Una tappa necessaria nel cammino della Comunità Papa Giovanni XXIII, che da tempo aveva varcato i confini italiani (all’epoca era presente in altri 13 Stati, oggi sono 42) per cui il riconoscimento ecclesiale ricevuto nel 1983 dal vescovo di Rimini non era più adeguato. L’approccio con le norme della Santa Sede non fu semplice. Dallo “Schema di vita” che delineava in poche pagine la vocazione, si passò a documenti come la Carta di Fondazione, lo Statuto, il Direttorio.
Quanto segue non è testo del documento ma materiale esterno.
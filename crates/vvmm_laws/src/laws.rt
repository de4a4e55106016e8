ghost use Rattle.sys_flow.specs.Report.{IsReport};
ghost use Rattle.sys_runs.specs.Besides.{MissesArePaid};
ghost use Rattle.vvmm_call.specs.Answer.{AreCounts, FollowsSolo, FollowsTrace, IsDrawing, IsMigrated};
ghost use Rattle.vvmm_laws.specs.Alone.{RunsAlone};
ghost use Rattle.vvmm_laws.specs.Complete.{CompletesAudit, CompletesConfig, CompletesFile, CompletesImage, CompletesLoad, CompletesRun, LimitsLoad, TellsAuditLine, TellsAuditMissing, TellsAuditRule, TellsAuditTooLong, TellsConfigMissing, TellsConfigRule, TellsConfigTooLong, TellsFileMissing, TellsFileRefused, TellsFileTooLong, TellsImageLineFault, TellsImageMisfit, TellsImageMissing, TellsImageTooLong, TellsLoadLineFault, TellsRunDriveFault, TellsRunImage, TellsRunLine, TellsRunLineFault, TellsRunMissing, TellsRunRule, TellsRunSize, TellsRunTooLong};

/// The lines' bytes of `solo` are those of the guest that steps alone on its private virtual VAX.
pub fn a_guest_runs_alone()
    ensures { RunsAlone }
{}

/// A held image within the limit that fits, and no risen count, give `Done`, or `NoMemory` before anything is shown.
pub fn solo_is_complete()
    ensures { CompletesImage (FollowsSolo MissesArePaid) }
{}

/// Over a shelf that did not fail, an image that it lacks gives `Missing` of `solo` and `trace`, or `NoMemory`.
pub fn a_missing_image_is_told()
    ensures solo { TellsImageMissing (FollowsSolo MissesArePaid) }
    ensures trace { TellsImageMissing (FollowsTrace MissesArePaid) }
{}

/// Over a shelf that did not fail, an image that is too long gives `TooLong` of `solo` and `trace`, or `NoMemory`.
pub fn a_too_long_image_is_told()
    ensures solo { TellsImageTooLong (FollowsSolo MissesArePaid) }
    ensures trace { TellsImageTooLong (FollowsTrace MissesArePaid) }
{}

/// Over a shelf that did not fail, an image that doesn't fit the guest's memory gives `Image` of `solo` and `trace`, or
/// `NoMemory`.
pub fn an_image_that_does_not_fit_is_told()
    ensures solo { TellsImageMisfit (FollowsSolo MissesArePaid) }
    ensures trace { TellsImageMisfit (FollowsTrace MissesArePaid) }
{}

/// Where a line's count is greater after `solo` or `trace`, the answer names it or one of a lower number.
pub fn a_failed_line_is_told()
    ensures solo { TellsImageLineFault (FollowsSolo MissesArePaid) }
    ensures trace { TellsImageLineFault (FollowsTrace MissesArePaid) }
{}

/// Held files that stand for a configuration, a script and images that fit, drives that fit, and no risen count, give `Done`, or
/// `NoMemory` before anything is shown.
pub fn run_is_complete()
    ensures { CompletesRun }
{}

/// Over a shelf that did not fail, the first file of a run that it lacks gives `Missing`, or `NoMemory`.
pub fn the_first_missing_file_is_told()
    ensures { TellsRunMissing }
{}

/// Over a shelf that did not fail, the first file of a run that is too long gives `TooLong`, or `NoMemory`.
pub fn the_first_too_long_file_is_told()
    ensures { TellsRunTooLong }
{}

/// A configuration that breaks a rule gives `Config`, or `NoMemory`.
pub fn a_refused_configuration_is_told()
    ensures { TellsRunRule }
{}

/// A script of which a line is refused gives `Script`, or `NoMemory`, where the configuration is accepted.
pub fn a_refused_script_is_told()
    ensures { TellsRunLine }
{}

/// Over a shelf that did not fail, the first image of a run that doesn't fit its guest's memory gives `Image`, or `NoMemory`.
pub fn the_first_image_that_does_not_fit_is_told()
    ensures { TellsRunImage }
{}

/// Where images fit and no count rose, the first volume whose drive has another number of blocks gives `VolumeSize`, or
/// `NoMemory`.
pub fn the_first_volume_of_another_size_is_told()
    ensures { TellsRunSize }
{}

/// Where a line's count is greater after `run`, the answer names it or one of a lower number.
pub fn a_run_names_a_failed_line()
    ensures { TellsRunLineFault }
{}

/// Where a drive's count is greater after `run`, the answer names a line, or it or a drive of a lower number.
pub fn a_run_names_a_failed_drive()
    ensures { TellsRunDriveFault }
{}

/// No risen count gives `Done` of `load`, or `NoMemory` before anything is shown.
pub fn load_is_complete()
    ensures { CompletesLoad }
{}

/// `load` is answered by `Done`, by a line or an output that failed, or by `NoMemory`, and by nothing else.
pub fn load_has_few_answers()
    ensures { LimitsLoad }
{}

/// Where a line's count is greater after `load`, the answer names it or one of a lower number.
pub fn a_load_names_a_failed_line()
    ensures { TellsLoadLineFault }
{}

/// A held configuration that is accepted, and no risen count, give `Done` of `check`, `migrate`, `flow` and `draw`, or `NoMemory`.
pub fn a_configuration_is_shown()
    ensures check { CompletesConfig AreCounts }
    ensures migrate { CompletesConfig IsMigrated }
    ensures flow { CompletesConfig IsReport }
    ensures draw { CompletesConfig IsDrawing }
{}

/// Over a shelf that did not fail, a configuration that it lacks gives `Missing` of `check`, `migrate`, `flow` and `draw`, or
/// `NoMemory`.
pub fn a_missing_configuration_is_told()
    ensures check { TellsConfigMissing AreCounts }
    ensures migrate { TellsConfigMissing IsMigrated }
    ensures flow { TellsConfigMissing IsReport }
    ensures draw { TellsConfigMissing IsDrawing }
{}

/// Over a shelf that did not fail, a configuration that is too long gives `TooLong` of `check`, `migrate`, `flow` and `draw`, or
/// `NoMemory`.
pub fn a_too_long_configuration_is_told()
    ensures check { TellsConfigTooLong AreCounts }
    ensures migrate { TellsConfigTooLong IsMigrated }
    ensures flow { TellsConfigTooLong IsReport }
    ensures draw { TellsConfigTooLong IsDrawing }
{}

/// A configuration that breaks a rule gives `Config` of `check`, `migrate`, `flow` and `draw`, or `NoMemory`.
pub fn a_broken_rule_is_told()
    ensures check { TellsConfigRule AreCounts }
    ensures migrate { TellsConfigRule IsMigrated }
    ensures flow { TellsConfigRule IsReport }
    ensures draw { TellsConfigRule IsDrawing }
{}

/// A held configuration that is accepted, a held file within the limit that is an audit of it, and no risen count, give `Done`
/// of `audit`, or `NoMemory`.
pub fn an_audit_is_accepted()
    ensures { CompletesAudit }
{}

/// Over a shelf that did not fail, a held file that is no audit of the configuration gives `Audit` of the first line through
/// whose end it is none, or `NoMemory`.
pub fn a_line_of_no_audit_is_told()
    ensures { TellsAuditLine }
{}

/// Over a shelf that did not fail, the first file of `audit` that it lacks gives `Missing`, or `NoMemory`.
pub fn a_missing_file_of_an_audit_is_told()
    ensures { TellsAuditMissing }
{}

/// Over a shelf that did not fail, the first file of `audit` that is too long gives `TooLong`, or `NoMemory`.
pub fn a_too_long_file_of_an_audit_is_told()
    ensures { TellsAuditTooLong }
{}

/// A configuration that breaks a rule gives `Config` of `audit`, or `NoMemory`.
pub fn a_broken_rule_of_an_audit_is_told()
    ensures { TellsAuditRule }
{}

/// A held file within the limit that stands for bytes or a text, and no risen count, give `Done` of `asm`, `list` and `dis`, or
/// `NoMemory`.
pub fn a_file_is_shown()
    ensures { CompletesFile }
{}

/// A held file of which a line is refused, and no risen count, give `Asm` of that line, or `NoMemory`.
pub fn a_refused_line_is_told()
    ensures { TellsFileRefused }
{}

/// Over a shelf that did not fail, a file to be shown that it lacks gives `Missing`, or `NoMemory`.
pub fn a_missing_file_is_told()
    ensures { TellsFileMissing }
{}

/// Over a shelf that did not fail, a file to be shown that is too long gives `TooLong`, or `NoMemory`.
pub fn a_too_long_file_is_told()
    ensures { TellsFileTooLong }
{}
Ma era un passaggio necessario: ora la bontà delle intuizioni di don Benzi, attorno alle quali si era sviluppata la Comunità, erano “certificate” al massimo livello come “via di santificazione” e dono non solo per gli associati ma per tutta la Chiesa. I documenti costitutivi, approvati “ad experimentum” per 5 anni, ottennero poi l’approvazione definitiva con un nuovo decreto, a firma del card. Stanislaw Rylko, datato 24 marzo 2004, solennità dell’Annunciazione. 

Non una medaglia ma una chiamata a evangelizzare

«Non è solo per voi un dono e una grazia del Signore, ma lo è, anche, per tutta Chiesa", dichiarò il 24 ottobre 1998 il cardinal Stafford al momento della consegna, a Roma, del decreto di riconoscimento pontificio.
Il 22 giugno 2023, a distanza di 25 anni, il cardinal Kevin Joseph Farrell ha ricordato ai presidenti delle associazioni laicali convocati a Roma per l’incontro annuale presso il Dicastero per i laici, la famiglia e la vita, che il contributo dei movimenti non è una medaglia d’onore, ma una perenne chiamata al servizio: «Non ci si deve arrestare a contemplare ciò che si è fatto, va letto il presente per guardare avanti e per portare Gesù a tutti, poiché l’evangelizzazione è la massima sfida della Chiesa».

Don Oreste Benzi, fondatore della Comunità Papa Giovanni XXIII, ci ha insegnato a voler bene alla povera gente, a scegliere di fare famiglia insieme, aprendoci alla condivisione diretta di vita con i diseredati. E oggi, forse, possiamo dire consapevolmente che la apostolicità che ci sentiamo chiamati a vivere parte proprio dalla scelta di mettere la vita con la vita di queste persone scartate, 24 ore al giorno, 365 giorni all’anno. 

La porta del recinto sempre aperta

Tuttavia anche questa particolare via apostolica non è estranea al rischio di trasformare chi la vive – per citare ancora don Oreste – da incendiari in pompieri e da innamorati in facchini. 
Papa Francesco ci esorta a reagire, ricordandoci che la porta del recinto deve rimanere aperta sempre, per permettere a chi è dentro di uscire e incontrare chi è fuori e viceversa, sempre attenti a cogliere il grido degli ultimi e sempre mossi a condividere con loro un pezzo di cammino e di vita. 
Certamente la Casa Famiglia pensata da don Oreste, che quest’anno festeggia 50 anni, rimane la pupilla del nostro carisma; in essa l’accoglienza di bambini e adulti gravemente disabili continua ad essere un esempio e una testimonianza concreta di vita evangelica comprensibile da tutti. 
Ma la sfida è anche trovare nuove vie di evangelizzazione che possano concretamente proporre la condivisione diretta in nuove modalità e nuovi linguaggi accessibili a tutti, soprattutto ai giovani.
Siamo certi che, se restiamo fedeli al nostro carisma originale, ai carismi dei nostri movimenti, e li viviamo con radicalità e parresia, ma aperti a tutti, sicuramente tali carismi continueranno a dare frutti, e se anche qualcuno non ritenesse di riconoscere in sé tali chiamate, certamente noi proprio dai frutti li riconosceremo.